One of the problems with these orders is their breadth. In Seattle, people banished from certain specific locations because they were found there ‘without legitimate purpose’ are banned from other specified commercial operations in that ‘zone.’  This can lead to peculiar results.  A resident banished from entering a McDonalds (perhaps because he overstayed his welcome in the McDonalds) can be automatically banished from a bank, a drug store, or mortuary down the street.  

Interviews with 41 residents who were subject to one or more banishment orders demonstrated that about two thirds of those subject to banishment orders often violated their orders.  The reasons were simple.  Compliance with the order would have meant almost complete social exclusion for those subject to the orders.  More generally, it would leave those with the least resources almost nowhere to go.  For many, compliance with banishment orders would have meant that they were excluded from various social services (including in some cases food and shelter) that they depended on.
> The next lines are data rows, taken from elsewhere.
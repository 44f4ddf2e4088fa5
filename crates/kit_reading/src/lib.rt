//! Kits read from text. docs/FORMATS.md says how they are spelled.
#![tactic(auto)]

mod faults;
mod fronts;
mod reading;
mod taking;

pub use faults::KitFault;
pub use fronts::{Front, FrontFault, read_front};
pub use kit_file::Kit;
pub use line_input::{InputFault, Lines, Next, Source};
pub use reading::read_kit;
For others it meant that they could not (legally) work.  Non-compliance, however, had its costs: those subject to banishment orders were constantly avoiding being caught.  

Conclusion: Banishment orders are justified as methods of creating order.  But for the banished, “Being excluded was often a powerful emotional experience, one that confirmed their sense that they were no longer considered citizens, even fully human, by other residents of Seattle….  The use of [these orders] rendered the lives of some of Seattle’s most vulnerable residents more difficult and precarious.  The insistence that these exclusion orders are nonpunitive in nature is thus in marked tension with the experiences of the banished” (p. 34).  There was, on the other hand, no evidence that banishment had any positive impact on those subject to them or the community at large. 

Reference: Beckett, Katherine and Steve Herbert (2010).  Penal Boundaries: Banishment and the Expansion of Punishment.  Law & Social Inquiry, 35 (1), 1-38.